You could use felt but I think the foam could be cut a bit to make bulge at the "toe" and more rounded on the edges. Of course, it's going to take a bit more work than felt. Although after seeing the pics from last year, I'm sure you're quite capable and willing to invest a little time into making "big yellow clunkers".

What did you think of the Chicken Little costume?


----------



## thefarmerdaughter (Sep 19, 2012)

i have seen a chicken costume in martha steward... i think. It involved a white feather boa and  yellow rubber dishwashing gloves, for the comb and feet. It was a fantastic coustme   When you mentiond chicken little it reminded me! Thank you :wink:


----------



## Hazel (Sep 19, 2012)

That sounds like the same costume. Did you click on the Chicken Little link to see if they're the same?


----------



## thefarmerdaughter (Sep 20, 2012)

yes very simmilar.


----------



## Hazel (Sep 20, 2012)

Aww! That is sooo cute! It gave me a feeling of wanting to have a 2 year old to dress up for Halloween. 

I just smacked myself upside the head...the feeling is gone now.


----------



## thefarmerdaughter (Sep 20, 2012)

Hazel said:
			
		

> Aww! That is sooo cute! It gave me a feeling of wanting to have a 2 year old to dress up for Halloween.
> 
> I just smacked myself upside the head...the feeling is gone now.



 lol. They are a lot of work, but its work Im happy to do.
Im just conserned she may trip over those chicken feet.... maybe using small size gloves will help


----------



## Hazel (Sep 20, 2012)

You could use yellow socks and then make cut outs of chicken feet from yellow felt. It would probably be easier for her to walk. Just a suggestion.  

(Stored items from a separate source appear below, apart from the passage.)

//! Calls on texts of emulated machines.
use crate::c_texts::{Pair, desk_pair, old_pair, roots_pair};
use pciplan_c::calls::pciplan_check;
use pciplan_c::put::Withheld;
use pciplan_c::verdict::check_into;
use std::alloc::Global;
use std::test::Fail;
use test_support::refusing::Refusing;

/// A call: two texts, roots and the length of the line; the status, and the text that is put or has no room.
type Call<'a> = (&'a [u8], &'a [u8], &'a [u8], usize, u8, &'a str);

/// What the bytes of a line hold before a call, and the count of a call that tells none.
const FILLED: u8 = 0xa5;

const UNTOLD: usize = 12345;

/// Whether a call answers this status, puts exactly this text where it puts one, and tells its length.
fn is_as_said(alloc: Global, call: &Call) -> bool {
    let (dump, probe, roots, room, status, text) = *call;
    let mut bytes = [FILLED; 96];
    let mut used = UNTOLD;
    if bytes.len() < room {
        return false;
    }
    let answered = pciplan_check(alloc, dump, probe, roots, &mut bytes[..room], &mut used);
    let put = if status < 3 { text.len() } else { 0 };
    answered == status
        && used == text.len()
        && put <= room
        && bytes[..put] == text.as_bytes()[..put]
        && bytes[put..].iter().all(|byte| *byte == FILLED)
}

#[test]
fn each_call_is_answered_as_it_should_be(rt: HostRuntime) -> Result<(), Fail> {
    let old = old_pair(rt.alloc())?;
    let desk = desk_pair(rt.alloc())?;
    let roots = roots_pair(rt.alloc())?;
    let (old_dump, old_probe) = (old.dump.as_bytes(), old.probe.as_bytes());
    let (desk_dump, desk_probe) = (desk.dump.as_bytes(), desk.probe.as_bytes());
    let (roots_dump, roots_probe) = (roots.dump.as_bytes(), roots.probe.as_bytes());
    let cut = match old_dump {
        [first @ .., _] => first,
        [] => old_dump,
    };
    let ended = "dump: 9 Ended 198";
    let cases: [Call; 13] = [
        (old_dump, old_probe, &[0], 96, 0, "yes\n"),
        (b"", b"", &[0], 96, 0, "yes\n"),
        (
            desk_dump,
            desk_probe,
            &[0],
            96,
            1,
            "no 52 VgaEnable 00:02.0\n",
        ),
        (
            old_dump,
            desk_probe,
            &[0],
            96,
            1,
            "no 30 SlotsDiffer 00:01.0\n",
        ),
        (roots_dump, roots_probe, &[0x00, 0x40], 96, 0, "yes\n"),
        (roots_dump, roots_probe, &[0x40, 0x00], 96, 2, "root"),
        (roots_dump, roots_probe, &[], 96, 2, "root"),
        (cut, old_probe, &[0], 96, 2, ended),
        (old_dump, cut, &[0], 96, 2, "probe: 9 Ended 198"),
        (cut, cut, &[0], 96, 2, ended),
        (old_dump, old_probe, &[0], 4, 0, "yes\n"),
        (old_dump, old_probe, &[0], 3, 4, "yes\n"),
        (cut, old_probe, &[0], 16, 4, ended),
    ];
    for call in cases {
        assert!(rt; is_as_said(rt.alloc(), &call), "{call:?}");
    }
    Ok(())
}

/// More growths than any call here asks for.
const MANY: u64 = 1000;

/// Whether a call that is refused a growth, whichever it is, says just that, and else what it says with memory.
fn is_refused_in_turn(alloc: Global, texts: &Pair, cut: usize) -> bool {
    let (dump, probe) = (texts.dump.as_bytes(), texts.probe.as_bytes());
    let dump = &dump[..dump.len().saturating_sub(cut)];
    let heap = Refusing::new(alloc);
    let mut whole = [FILLED; 96];
    let answer = check_into(alloc, dump, probe, &[0], &mut whole);
    for n in 1..MANY {
        heap.refuse(n);
        let mut line = [FILLED; 96];
        let answered = check_into(&heap, dump, probe, &[0], &mut line);
        if heap.is_due() {
            return 1 < n && answered == answer && line == whole;
        }
        if answered != Err(Withheld::Memory) || line != [FILLED; 96] {
            return false;
        }
    }
    false
}

#[test]
fn each_refused_growth_is_told(rt: HostRuntime) -> Result<(), Fail> {
    let old = old_pair(rt.alloc())?;
    let desk = desk_pair(rt.alloc())?;
    for cut in [0, 1] {
        assert!(rt; is_refused_in_turn(rt.alloc(), &old, cut));
        assert!(rt; is_refused_in_turn(rt.alloc(), &desk, cut));
    }
    Ok(())
}
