//! The program, run on texts that are held in memory.
use crate::opening::Shelf;
use pci_dump::std_streams::{Incoming, Outgoing};
use pciplan_cli::invocation::start;
use pciplan_tasks::run::run;
use pciplan_tasks::task::Task;
use std::alloc::{Allocator, Global};
use std::test::Fail;

/// What a run left: its status, and what it wrote.
#[derive(Drop)]
pub struct Answer {
    pub status: u8,
    pub out: Vec<u8>,
    pub err: Vec<u8>,
}

/// What a task answers to two texts, where it grows by `alloc`, and what it writes by `heap`.
pub fn run_by<A: Allocator + Copy>(
    heap: Global,
    alloc: A,
    task: &Task,
    dump: &str,
    probe: &str,
) -> Answer {
    let mut out = Vec::new(heap);
    let mut err = Vec::new(heap);
    let status = run(
        alloc,
        task,
        &mut Incoming::new(dump.as_bytes()),
        &mut Incoming::new(probe.as_bytes()),
        &mut Outgoing::new(&mut out),
        &mut Outgoing::new(&mut err),
    );
    Answer { status, out, err }
}

/// The same with all the memory that it asks for.
pub fn run_task(alloc: Global, task: &Task, dump: &str, probe: &str) -> Answer {
    run_by(alloc, alloc, task, dump, probe)
}

/// What a line of words answers to two texts. It names no third one.
fn run_words(alloc: Global, words: &[&str], dump: &str, probe: &str) -> Answer {
    let mut out = Vec::new(alloc);
    let mut err = Vec::new(alloc);
    let status = {
        let mut errors = Outgoing::new(&mut err);
        match start(alloc, words, &mut Shelf::closed(&[]), &mut errors) {
            Err(status) => status,
            Ok(line) => run(
                alloc,
                &line.task,
                &mut Incoming::new(dump.as_bytes()),
                &mut Incoming::new(probe.as_bytes()),
                &mut Outgoing::new(&mut out),
                &mut errors,
            ),
        }
    };
    Answer { status, out, err }
}

/// Whether a run left what is wanted on standard output and on standard error, and the status.
fn is_answer(got: &Answer, wanted: (&str, &str, u8)) -> Result<(), Fail> {
    let (out, err, status) = wanted;
    if got.out.as_slice() != out.as_bytes() {
        return Err(Fail::new(format_args!("not on standard output: {out}")));
    }
    if got.err.as_slice() != err.as_bytes() {
        return Err(Fail::new(format_args!("not on standard error: {err}")));
    }
    if got.status != status {
        let left = got.status;
        return Err(Fail::new(format_args!("status {left}: {out}{err}")));
    }
    Ok(())
}

/// Whether a line of words prints this about a dump and its probe: what it writes to standard output and to standard
/// error, and its status.
///
/// # Errors
///
/// What isn't as it is wanted.
pub fn prints(
    alloc: Global,
    words: &[&str],
    texts: (&str, &str),
    wanted: (&str, &str, u8),
) -> Result<(), Fail> {
    is_answer(&run_words(alloc, words, texts.0, texts.1), wanted)
}
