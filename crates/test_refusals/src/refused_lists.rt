//! Lists of all faults where a read, a write or a growth fails.
use crate::on_boards::{Made, is_cut_off, is_refused, is_unread};
use pci_base::range::{Range, RootRange};
use pci_model::words::{VgaWord, Words};
use pci_tree::roots::Roots;
use pciplan_tasks::task::{Also, Beside, HostLists, Task};
use std::alloc::Global;
use std::test::Fail;
use test_support::board::Register;
use test_support::row::Row;
use test_support::row::Row::{Bridge, Device};

/// A list with reasons.
fn task(alloc: Global) -> Made {
    task_by(alloc, None)
}

/// The same of functions that are taken by words.
fn task_by(alloc: Global, words: Option<Words>) -> Made {
    Ok(Task::Faults {
        beside: Beside {
            roots: Roots::host(),
            words,
            host: HostLists {
                io: None,
                mem: None,
            },
            also: Also::nothing(alloc),
        },
        why: true,
    })
}

/// A list with what is given: what the host sends of memory, and bridges with legacy parts; with reasons or without.
fn task_given(alloc: Global, why: bool) -> Made {
    let mut sent = Vec::new(alloc);
    sent.push(RootRange {
        root: None,
        range: Range {
            first: 0,
            last: 0xe0ff_ffff,
        },
    })?;
    Ok(Task::Faults {
        beside: Beside {
            roots: Roots::host(),
            words: Some(Words {
                vga: Some(VgaWord::Vga),
                ..ALL_WORDS
            }),
            host: HostLists {
                io: None,
                mem: Some(sent),
            },
            also: Also::nothing(alloc),
        },
        why,
    })
}

/// All words but that for legacy parts.
const ALL_WORDS: Words = Words {
    cardbus: true,
    ide: true,
    isa: true,
    power: true,
    reset: true,
    snoop: true,
    subtractive: true,
    unclaimed: true,
    unnumbered: true,
    vga: None,
    windows: true,
};

/// A bridge that is off above a BAR, a clash, and a BAR that is off.
const JUDGED: &[Row] = &[
    Bridge("00:01.0", 0, (0, 1, 1), &[(0x20, 0xe000_e000, 0xfff0_fff0)]),
    Device("00:02.0", 2, &[(0x10, 0xe100_0000, 0xfff0_0000)]),
    Device("00:03.0", 2, &[(0x10, 0xe100_0000, 0xfff0_0000)]),
    Device("00:04.0", 0, &[(0x10, 0xe200_0000, 0xfff0_0000)]),
    Device("01:00.0", 2, &[(0x10, 0xe000_0000, 0xffff_f000)]),
];

/// Two functions whose buses no bridge leads to.
const MISPLACED: &[Row] = &[Device("01:00.0", 0, &[]), Device("02:00.0", 0, &[])];

#[test]
fn a_list_that_is_refused_a_growth_says_just_that(rt: HostRuntime) -> Result<(), Fail> {
    is_refused(rt.alloc(), task(rt.alloc()), JUDGED)
}

#[test]
fn so_does_one_of_an_earlier_phase(rt: HostRuntime) -> Result<(), Fail> {
    is_refused(rt.alloc(), task(rt.alloc()), MISPLACED)
}

#[test]
fn so_does_one_by_words(rt: HostRuntime) -> Result<(), Fail> {
    is_refused(rt.alloc(), task_by(rt.alloc(), Some(ALL_WORDS)), JUDGED)
}

/// A bridge that takes what no region of its bus claims, with a palette part, above a BAR part of which it doesn't take.
const TAKEN: &[Row] = &[
    Device("00:02.0", 2, &[(0x10, 0xe000_0800, 0xffff_ff00)]),
    Bridge("00:1e.0", 0x23, (0, 1, 1), &[(0x08, 0x0604_0100, 0)]),
    Device("01:00.0", 2, &[(0x10, 0xe000_0000, 0xffff_f000)]),
];

#[test]
fn so_does_one_of_what_a_bridge_takes(rt: HostRuntime) -> Result<(), Fail> {
    is_refused(rt.alloc(), task_by(rt.alloc(), Some(ALL_WORDS)), TAKEN)
}

#[test]
fn a_writer_that_fails_holds_a_beginning_of_the_list(rt: HostRuntime) -> Result<(), Fail> {
    is_cut_off(rt.alloc(), task(rt.alloc()), JUDGED, 7, &[0, 1, 100, 300])
}

#[test]
fn a_read_that_fails_leaves_no_list(rt: HostRuntime) -> Result<(), Fail> {
    is_unread(rt.alloc(), task(rt.alloc()), JUDGED, 1)
}

/// A window that is closed, and VGA Enable.
const CLOSED: &[Register] = &[(0x20, 0x0000_fff0, 0xfff0_fff0), (0x3c, 0x0008_0000, 0)];

/// Two bridges with legacy parts, and a BAR outside of what the host sends.
const GIVEN: &[Row] = &[
    Bridge("00:01.0", 3, (0, 1, 1), CLOSED),
    Bridge("00:02.0", 3, (0, 2, 2), CLOSED),
    Device("00:03.0", 2, &[(0x10, 0xe100_0000, 0xfff0_0000)]),
];

#[test]
fn so_does_one_with_what_is_given(rt: HostRuntime) -> Result<(), Fail> {
    is_refused(rt.alloc(), task_given(rt.alloc(), false), GIVEN)?;
    is_refused(rt.alloc(), task_given(rt.alloc(), false), MISPLACED)
}

#[test]
fn with_what_is_given_a_read_or_a_write_that_fails_leaves_no_more(
    rt: HostRuntime,
) -> Result<(), Fail> {
    is_cut_off(
        rt.alloc(),
        task_given(rt.alloc(), false),
        GIVEN,
        7,
        &[0, 1, 100],
    )?;
    is_unread(rt.alloc(), task_given(rt.alloc(), false), GIVEN, 1)
}

/// The same, with a BAR that the first of them doesn't pass.
const GIVEN_BEHIND: &[Row] = &[
    Bridge("00:01.0", 3, (0, 1, 1), CLOSED),
    Bridge("00:02.0", 3, (0, 2, 2), CLOSED),
    Device("00:03.0", 2, &[(0x10, 0xe100_0000, 0xfff0_0000)]),
    Device("01:00.0", 2, &[(0x10, 0x000c_0000, 0xffff_0000)]),
];

#[test]
fn so_does_one_with_reasons_and_what_is_given(rt: HostRuntime) -> Result<(), Fail> {
    is_refused(rt.alloc(), task_given(rt.alloc(), true), GIVEN_BEHIND)?;
    is_refused(rt.alloc(), task_given(rt.alloc(), true), MISPLACED)
}

#[test]
fn with_reasons_too_a_read_or_a_write_that_fails_leaves_no_more(
    rt: HostRuntime,
) -> Result<(), Fail> {
    let alloc = rt.alloc();
    is_cut_off(
        alloc,
        task_given(alloc, true),
        GIVEN_BEHIND,
        7,
        &[0, 1, 100, 300],
    )?;
    is_unread(alloc, task_given(alloc, true), GIVEN_BEHIND, 1)
}
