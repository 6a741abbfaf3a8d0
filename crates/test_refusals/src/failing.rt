//! Runs in which a read or a write fails.
use crate::program::{Answer, run_task};
use pci_dump::std_streams::{Incoming, Outgoing};
use pciplan_tasks::run::run;
use pciplan_tasks::task::Task;
use std::alloc::Global;
use std::test::Fail;
use test_support::board::Texts;
use test_support::fakes::{Narrow, Pieces};

/// What a task answers where one read of each text fails, counted from 1; 0 is none. A read gives up to 500 bytes.
pub fn with_failing_read(
    alloc: Global,
    task: &Task,
    texts: &Texts,
    dump_fails: u64,
    probe_fails: u64,
) -> Answer {
    let mut dump = Pieces::new(texts.dump.as_bytes(), 500, dump_fails);
    let mut probe = Pieces::new(texts.probe.as_bytes(), 500, probe_fails);
    run_on_pieces(alloc, task, &mut dump, &mut probe)
}

/// What a task answers to texts that come in pieces.
fn run_on_pieces(
    alloc: Global,
    task: &Task,
    dump: &mut Pieces<'_>,
    probe: &mut Pieces<'_>,
) -> Answer {
    let mut out = Vec::new(alloc);
    let mut err = Vec::new(alloc);
    let status = run(
        alloc,
        task,
        dump,
        probe,
        &mut Outgoing::new(&mut out),
        &mut Outgoing::new(&mut err),
    );
    Answer { status, out, err }
}

/// Whether a run ended with this message, or with an answer and its status.
fn is_told(got: &Answer, message: &[u8], status: u8) -> bool {
    match got.status {
        4 => got.out.is_empty() && got.err.as_slice() == message,
        other => other == status && got.err.is_empty(),
    }
}

/// Whether a task one of whose reads of a text fails tells that, of either text.
fn is_told_of_both(alloc: Global, task: &Task, texts: &Texts, at: u64, status: u8) -> bool {
    let dump = with_failing_read(alloc, task, texts, at, 0);
    let probe = with_failing_read(alloc, task, texts, 0, at);
    is_told(&dump, b"pciplan: dump: 1 Io\n".as_slice(), status)
        && is_told(&probe, b"pciplan: probe: 1 Io\n".as_slice(), status)
}

/// Fails unless a task whose read of a text fails, whichever it is, tells that and nothing else, and answers with this
/// status where none does.
pub fn tells_failed_reads(
    alloc: Global,
    task: &Task,
    texts: &Texts,
    status: u8,
) -> Result<(), Fail> {
    for at in 1..16u64 {
        if !is_told_of_both(alloc, task, texts, at, status) {
            return Err(Fail::new(format_args!("read {at} fails and isn't told")));
        }
    }
    Ok(())
}

/// What a task answers, whose answer goes to a writer.
fn with_writer(alloc: Global, task: &Task, texts: &Texts, writer: &mut Narrow) -> (u8, Vec<u8>) {
    let mut err = Vec::new(alloc);
    let status = run(
        alloc,
        task,
        &mut Incoming::new(texts.dump.as_bytes()),
        &mut Incoming::new(texts.probe.as_bytes()),
        &mut Outgoing::new(writer),
        &mut Outgoing::new(&mut err),
    );
    (status, err)
}

/// Whether a writer without room was told of, and holds a beginning of the answer.
fn is_beginning(status: u8, err: &[u8], taken: &[u8], whole: &[u8]) -> bool {
    status == 4
        && err == b"pciplan: 10 Io\n".as_slice()
        && whole.get(..taken.len()).is_some_and(|front| front == taken)
}

/// What a writer has room for.
#[derive(Clone, Copy)]
struct Room {
    room: usize,
    /// How many bytes it takes at once.
    step: usize,
    /// Whether it fails where it has no room, and doesn't take nothing.
    fails: bool,
}

/// Whether a writer without room for the whole answer holds all that it has room for.
fn leaves_beginning(alloc: Global, task: &Task, texts: &Texts, room: Room, whole: &[u8]) -> bool {
    let mut writer = Narrow {
        taken: Vec::new(alloc),
        room: room.room,
        step: room.step,
        fails: room.fails,
    };
    let (status, err) = with_writer(alloc, task, texts, &mut writer);
    let taken = writer.taken.as_slice();
    taken.len() == room.room && is_beginning(status, err.as_slice(), taken, whole)
}

/// Whether writers that fail and writers that take nothing both do.
fn leave_beginnings(
    alloc: Global,
    task: &Task,
    texts: &Texts,
    (room, step): (usize, usize),
    whole: &[u8],
) -> bool {
    for fails in [true, false] {
        let room = Room { room, step, fails };
        if !leaves_beginning(alloc, task, texts, room, whole) {
            return false;
        }
    }
    true
}

/// Fails unless writers with too little room, which take up to `step` bytes at once, hold a beginning of the answer.
pub fn leaves_beginnings(
    alloc: Global,
    task: &Task,
    texts: &Texts,
    step: usize,
    rooms: &[usize],
) -> Result<(), Fail> {
    let whole = run_task(alloc, task, texts.dump.as_str(), texts.probe.as_str());
    for room in rooms {
        if !leave_beginnings(alloc, task, texts, (*room, step), whole.out.as_slice()) {
            return Err(Fail::new(format_args!("with room for {room}")));
        }
    }
    Ok(())
}
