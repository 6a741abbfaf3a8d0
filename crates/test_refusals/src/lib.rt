//! Tests of what the public calls and the program do where a read, a write or a growth fails, and of the calls of the C
//! library.
#![tactic(auto)]

#[cfg(test)]
mod c_check;
#[cfg(test)]
mod c_faults;
#[cfg(test)]
mod c_plan;
#[cfg(test)]
mod c_settle;
#[cfg(test)]
mod c_start;
#[cfg(test)]
mod c_texts;
#[cfg(test)]
mod failing;
#[cfg(test)]
mod hostile;
#[cfg(test)]
mod interrupted;
#[cfg(test)]
mod no_growth;
#[cfg(test)]
mod on_boards;
#[cfg(test)]
mod opening;
#[cfg(test)]
mod program;
#[cfg(test)]
mod refused_lists;
#[cfg(test)]
mod refused_maps;
#[cfg(test)]
mod refused_plan_tasks;
#[cfg(test)]
mod refused_plans;
#[cfg(test)]
mod refused_probes;
#[cfg(test)]
mod refused_readings;
#[cfg(test)]
mod refused_settlings;
#[cfg(test)]
mod refused_tasks;
#[cfg(test)]
mod refused_verdicts;
#[cfg(test)]
mod turn;
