//! Verdicts where a read or a write fails.
use crate::failing::{leaves_beginnings, with_failing_read};
use crate::program::Answer;
use pci_tree::roots::Roots;
use pciplan_tasks::task::Task;
use std::alloc::Global;
use std::test::Fail;
use test_support::board::Texts;
use test_support::samples::{clash, tree};

/// A verdict with the one root bus 00.
fn task() -> Task {
    Task::Check {
        roots: Roots::host(),
    }
}

/// Whether a run whose read fails at a place ended with this message, and one whose reads were over with the verdict.
fn is_told(got: &Answer, at: u64, message: &[u8]) -> bool {
    // four reads that give bytes, and one that tells the end
    let is_cut = at < 6;
    got.status == (if is_cut { 4 } else { 1 })
        && got.out.is_empty() == is_cut
        && (!is_cut || got.err.as_slice() == message)
}

/// The same of a read of either text.
fn is_told_of_both(alloc: Global, texts: &Texts, at: u64) -> bool {
    let dump = with_failing_read(alloc, &task(), texts, at, 0);
    let probe = with_failing_read(alloc, &task(), texts, 0, at);
    is_told(&dump, at, b"pciplan: dump: 1 Io\n".as_slice())
        && is_told(&probe, at, b"pciplan: probe: 1 Io\n".as_slice())
}

#[test]
fn a_read_that_fails_leaves_no_verdict(rt: HostRuntime) -> Result<(), Fail> {
    let texts = clash(rt.alloc())?;
    for at in 1..9u64 {
        assert!(rt; is_told_of_both(rt.alloc(), &texts, at), "{at}");
    }
    Ok(())
}

#[test]
fn a_write_that_fails_leaves_a_beginning_of_the_line(rt: HostRuntime) -> Result<(), Fail> {
    for texts in [clash(rt.alloc())?, tree(rt.alloc())?] {
        leaves_beginnings(rt.alloc(), &task(), &texts, 1, &[0, 1, 2, 3])?;
    }
    Ok(())
}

Now that I think of it - you could also shred tissue paper for the feathers.


----------



## thefarmerdaughter (Sep 20, 2012)

Now that I think of it - you could also shred tissue paper for the feathers.[/quote]

That is a fantastic idea! I might sound cheap, but i was dreading spending 10 bucks on a feather boa


----------



## Hazel (Sep 20, 2012)

You don't sound cheap at all. I understand frugality and searching for alternate ways to create something. That's why I was thinking about something different for the feathers. The only problem would be if it rains.

One of the best costumes I've ever seen was probably one of the cheapest. A nephew was given a werewolf mask so he decided he wanted to be a werewolf for Beggars' Night. My sister found a fake fur remnant at a fabric store. She cut a bit of it and tacked it inside an old pair of jeans which had the knees torn out. (She had been meaning to cut the jeans down and turn them into shorts but hadn't gotten around to it.) So, it looked like hair coming out from the legs through the jeans. She took an old pair of gloves and glued fake fur onto the gloves. The rest of the costume was just a t-shirt and a jean jacket. I know it doesn't sound like much but he looked great in a shadowy room or walking under a street light. Of course, we all had to pretend to be frightened when he jumped out us with his arms outstretched and growling. But it was fun.


----------



## thefarmerdaughter (Sep 21, 2012)

That's funny Ive made a werewolf that sounds smiliar, for my brother. Rain even a sprinkle would be a problem. I may have to keep my eye out for a feather like fabric.  One time i found a dress made out of black tinsel at Good Will. I turned that into a cat costume. ( I was a teenager....  ) It was actually a school project, drama class. Think CATS on broadway. All day long people yanked on my tail!   Now its funny... back than, not so much.


----------



## Hazel (Sep 21, 2012)

I think werewolves are popular costumes or at least they used to be years ago. Yes, I can see how someone yanking your tail would be very annoying.   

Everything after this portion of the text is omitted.